The danish ministry of justice has previously found that the session logging was implemented in a way that made it useless to the police, so they can easily scrap it without any big consequences. Also note that the session logging is not mandated by the EU data retention directive – it’s just something extra that danish politicians added from their own wish list when implementing the directive.
So what the political representatives are saying is that they want to keep all parts of the law related to retention of traffic data intact. That’s certainly not a very positive message. It’s likely they want to scrap this extra part as a preemptive move in order to reduce the risk of the entire law being challenged or repealed.
Re: Misleading
Thanks, I’ve made changes to reflect those points.
Re:
A clarification of the terms and my point:
A) Session logging: logging of which web pages you visit and the contents of certain IP packets.
B) Traffic data retention previously mandated by the EU directive: logging of IP-address assignment, who calls whom, when and from where, geotracking of your movements if you bring your phone, mail traffic data (if the mail is provided by an ISP, but not if isn’t). Unlike session logging there’s no logging of the contents of the data traffic in this case.

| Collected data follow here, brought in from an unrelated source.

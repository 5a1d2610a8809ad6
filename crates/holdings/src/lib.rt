// Claims and own copies as lines, C t k c m with v w b where there is a copy: of every save, and of every sheet that it claims or has a copy of.
#![tactic(auto)]

ghost use Rattle.std.specs.Prelude.{◌≡◌, ◌||◌, ◌+◌, ◌*◌, ◌<◌, ◌≤◌, ltb};
ghost use Rattle.rules.specs.Showing as rules;
ghost use Rattle.rules.specs.Showing.{rising};
ghost use Rattle.sets.specs.Bit.{in_row};
ghost use Rattle.clipped.specs.Sizes.{most};
ghost use Rattle.clipped.specs.Puts.{Puts};
ghost use Rattle.state.specs.View.{COPIED, CLAIM};
ghost use Rattle.holdings.specs.Held.{claim_at, mark_at, Reach, Readable, held_by};

use clipped::Room;
use state::Session;

// The letter of save t's claim of sheet k: S, X, or - for none. Kept beside `mark_letter`: one function would be handed two rows and two letters.
fn claim_letter(s: &[u64], t: usize, k: usize) -> u8
    requires { Reach s.now t k }
    ensures { result ≡ rules.claim_letter (claim_at s.now t k) }
{
    if state::member(s, Session::CLAIM_X + t, k) {
        b'X'
    } else if state::member(s, Session::CLAIM + t, k) {
        b'S'
    } else {
        b'-'
    }
}

// The letter of its copy's mark: R read, W also written, or - for no copy.
fn mark_letter(s: &[u64], t: usize, k: usize) -> u8
    requires { Reach s.now t k }
    ensures { result ≡ rules.mark_letter (mark_at s.now t k) }
{
    if state::member(s, Session::WRITTEN + t, k) {
        b'W'
    } else if state::member(s, Session::COPIED + t, k) {
        b'R'
    } else {
        b'-'
    }
}

// C t k c m
fn head(room: &mut Room, s: &[u64], t: usize, k: usize)
    requires { Reach s.now t k × (k < 65536) × (room.old.at + 27 ≤ most) }
    ensures { Puts room.old room.new (rules.holding_head t k (claim_at s.now t k) (mark_at s.now t k)) 27 }
{
    room.line_start(b'C', t as u32, k as u32);
    room.letter(claim_letter(s, t, k));
    room.letter(mark_letter(s, t, k));
}

// B where the WCT seen is below the sheet's.
fn behind_letter(seen: u16, wct: u32) -> u8
    ensures { result ≡ rules.behind_letter (ltb seen wct) }
{
    if (seen as u32) < wct { b'B' } else { b'-' }
}

// v w b
fn fields(room: &mut Room, v: u32, seen: u16, wct: u32)
    requires { room.old.at + 24 ≤ most }
    ensures { Puts room.old room.new (rules.copy_fields (record { content = v; wct = seen }) (ltb seen wct)) 24 }
{
    room.field(v);
    room.field(seen as u32);
    room.letter(behind_letter(seen, wct));
}

// v w b, where save t has a copy of sheet k.
fn copy(room: &mut Room, x: &Session, t: usize, k: usize)
    requires { Readable x.now × (t < 32) × (k < x.now.m) × (room.old.at + 24 ≤ most) }
    ensures { Puts room.old room.new (rules.copy_text (held_by x.now) t k) 24 }
{
    if !state::member(x.sets, Session::COPIED + t, k) {
        return;
    }
    let v = state::cell(x.value, x.m, t, k);
    let seen = x.seen[t * x.m + k];
    let wct = state::cell(x.sheets, x.m, Session::WCT, k);
    fields(room, v, seen, wct);
}

// Save t's line for sheet k, if it has one: where it claims the sheet or has a copy of it. An X is a claim, and what is written is copied.
fn holding(room: &mut Room, x: &Session, there: bool, t: usize, k: usize)
    requires { Readable x.now × (there ≡ (in_row x.now.sets.now (CLAIM + t) k || in_row x.now.sets.now (COPIED + t) k)) × (t < 32) × (k < x.now.m)
        × (room.old.at + 52 ≤ most) }
    ensures { Puts room.old room.new (rules.holding_text (held_by x.now) t k) 52 }
{
    if !there {
        return;
    }
    head(room, x.sets, t, k);
    copy(room, x, t, k);
    room.put(b'\n');
}

// Save t's lines. Most saves have nothing of most sheets: which ones they have is looked up once for 64 sheets, and where there are none they are passed by.
fn row(room: &mut Room, x: &Session, t: usize)
    requires { Readable x.now × (t < 32) × (room.old.at + 52 * x.now.m ≤ most) }
    ensures { Puts room.old room.new (rising (rules.holding_text (held_by x.now) t) x.now.m) (52 * x.now.m) }
{
    let m = x.m;
    for j in 0..state::blocks(m) {
        let claimed = state::word(x.sets, Session::CLAIM + t, j);
        let copied = state::word(x.sets, Session::COPIED + t, j);
        let some = sets::either(claimed, copied);
        if !sets::some(some) {
            continue;
        }
        for k in 64 * j..m.min(64 * j + 64) {
            holding(room, x, sets::has(some, k % 64), t, k);
        }
    }
}

// All lines.
pub fn lines(room: &mut Room, x: &Session)
    requires { Readable x.now × (room.old.at + 32 * (52 * x.now.m) ≤ most) }
    ensures { Puts room.old room.new (rules.holding_lines (held_by x.now)) (32 * (52 * x.now.m)) }
{
    for t in 0..Session::SAVES {
        row(room, x, t);
    }
}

A seems to be affected by the change, but not B. The change itself is positive but it’s a big disappointed that the political representatives see no problems with B, even after the recent verdict. Furthermore, the proposed change to A is probably motivated by the wrong reasons (i.e. to preserve B).
Re: Re: Re:
Not much is known about what they will put on the table instead. Session logging had an extend of about 90 % of all the data collected through this directive and the admissions from the police (only one – unintended – use to exclude a suspect and they haven’t had the programs they needed to actually search the data.) it would seem logical to bin it anyway!
I don’t think the content of the IP packets are inspected.
AFAIK the most used technique to uphold the law is registering every 500 packets entering the ISPs net and include only to/from IPs, protocol, to/from postal codes and timestamps.
Since more than one user is usually online at the same time at an ISP and 500 packets is rather often it generates a huge amount of pretty well randomized data. Logic would dictate that the data would have extremely limited use even with good tools to search it, but since politicians don’t care about such details it was passed into law.
But it is not DPI or other specific data in the packets as much as informations about the packets.
Bravo, Denmark!
Google Translate of original subject line:
Bravo, Danmark!
Same in Finland
Finnish goverments reaction/responce to EU Human Rights judges decision to repeal that ‘Data Retention Act’ before Parlianments election was ‘We consider to attach that on next time we modify our and (USTR’s) laws considering erm’ Artist Rights’ sometime on 2015.
So its kinda illegal and insane and our esteemed goverment consider doing something about it in a next election cycle…
I think I need a beer =P
Misrepresenting the truth
Things are NOT moving in the right direction. What was repealed was data-logging, which was in excess of the EU directive. In effect the danish government was going much further than the original EU logging directive.
The repeal is only related to that “excess”. Logging of phone meta data is still being performed, despite the court ruling.
Further more, The Danish government is planning to re-introduce both kinds of logging, as part of a planned cyber security center.
This law calls for the logging initiative to be moved to the military intelligence service (FE). Which moves logging into the domain of national security.
National security is explictly exempt from the Treaty Of Rome. Consequently the ruling of the EU Court of Justice, and the CHARTER OF FUNDAMENTAL RIGHTS OF THE EUROPEAN UNION do not apply.
In short, they’ll just skin the cat using a different tool.
It would seem that Denmark does not believe in the “right to be forgotten.”
Looks like Denmark’s economy is about to see an influx of business. Maybe I’ll sign up for an email account.
They don’t need logs if they store everything illegaly like the NSA does.